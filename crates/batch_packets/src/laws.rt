//! Bytes have one reading.
ghost use Rattle.std.specs.Prelude.{◌≡◌, ℕ, List};
ghost use Rattle.batch_packets.specs.declared.batch.Batch.{Batch};
ghost use Rattle.batch_packets.specs.declared.replies.Replies.{Replies};
ghost use Rattle.batch_packets.specs.BatchGrammar.{SpellsBatch};
ghost use Rattle.batch_packets.specs.ReplyGrammar.{SpellsReplies};

/// Bytes are the text of at most one batch, and of at most one list of replies.
pub fn one_reading()
    ensures batch { (bytes : List ℕ) (a b : Batch) → SpellsBatch bytes a → SpellsBatch bytes b
        → a ≡ b }
    ensures replies { (bytes : List ℕ) (a b : Replies) → SpellsReplies bytes a
        → SpellsReplies bytes b → a ≡ b }
{}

************

Action item:
Number of lines above containing "SpellsBatch": give it, with no other text.

Response area:
2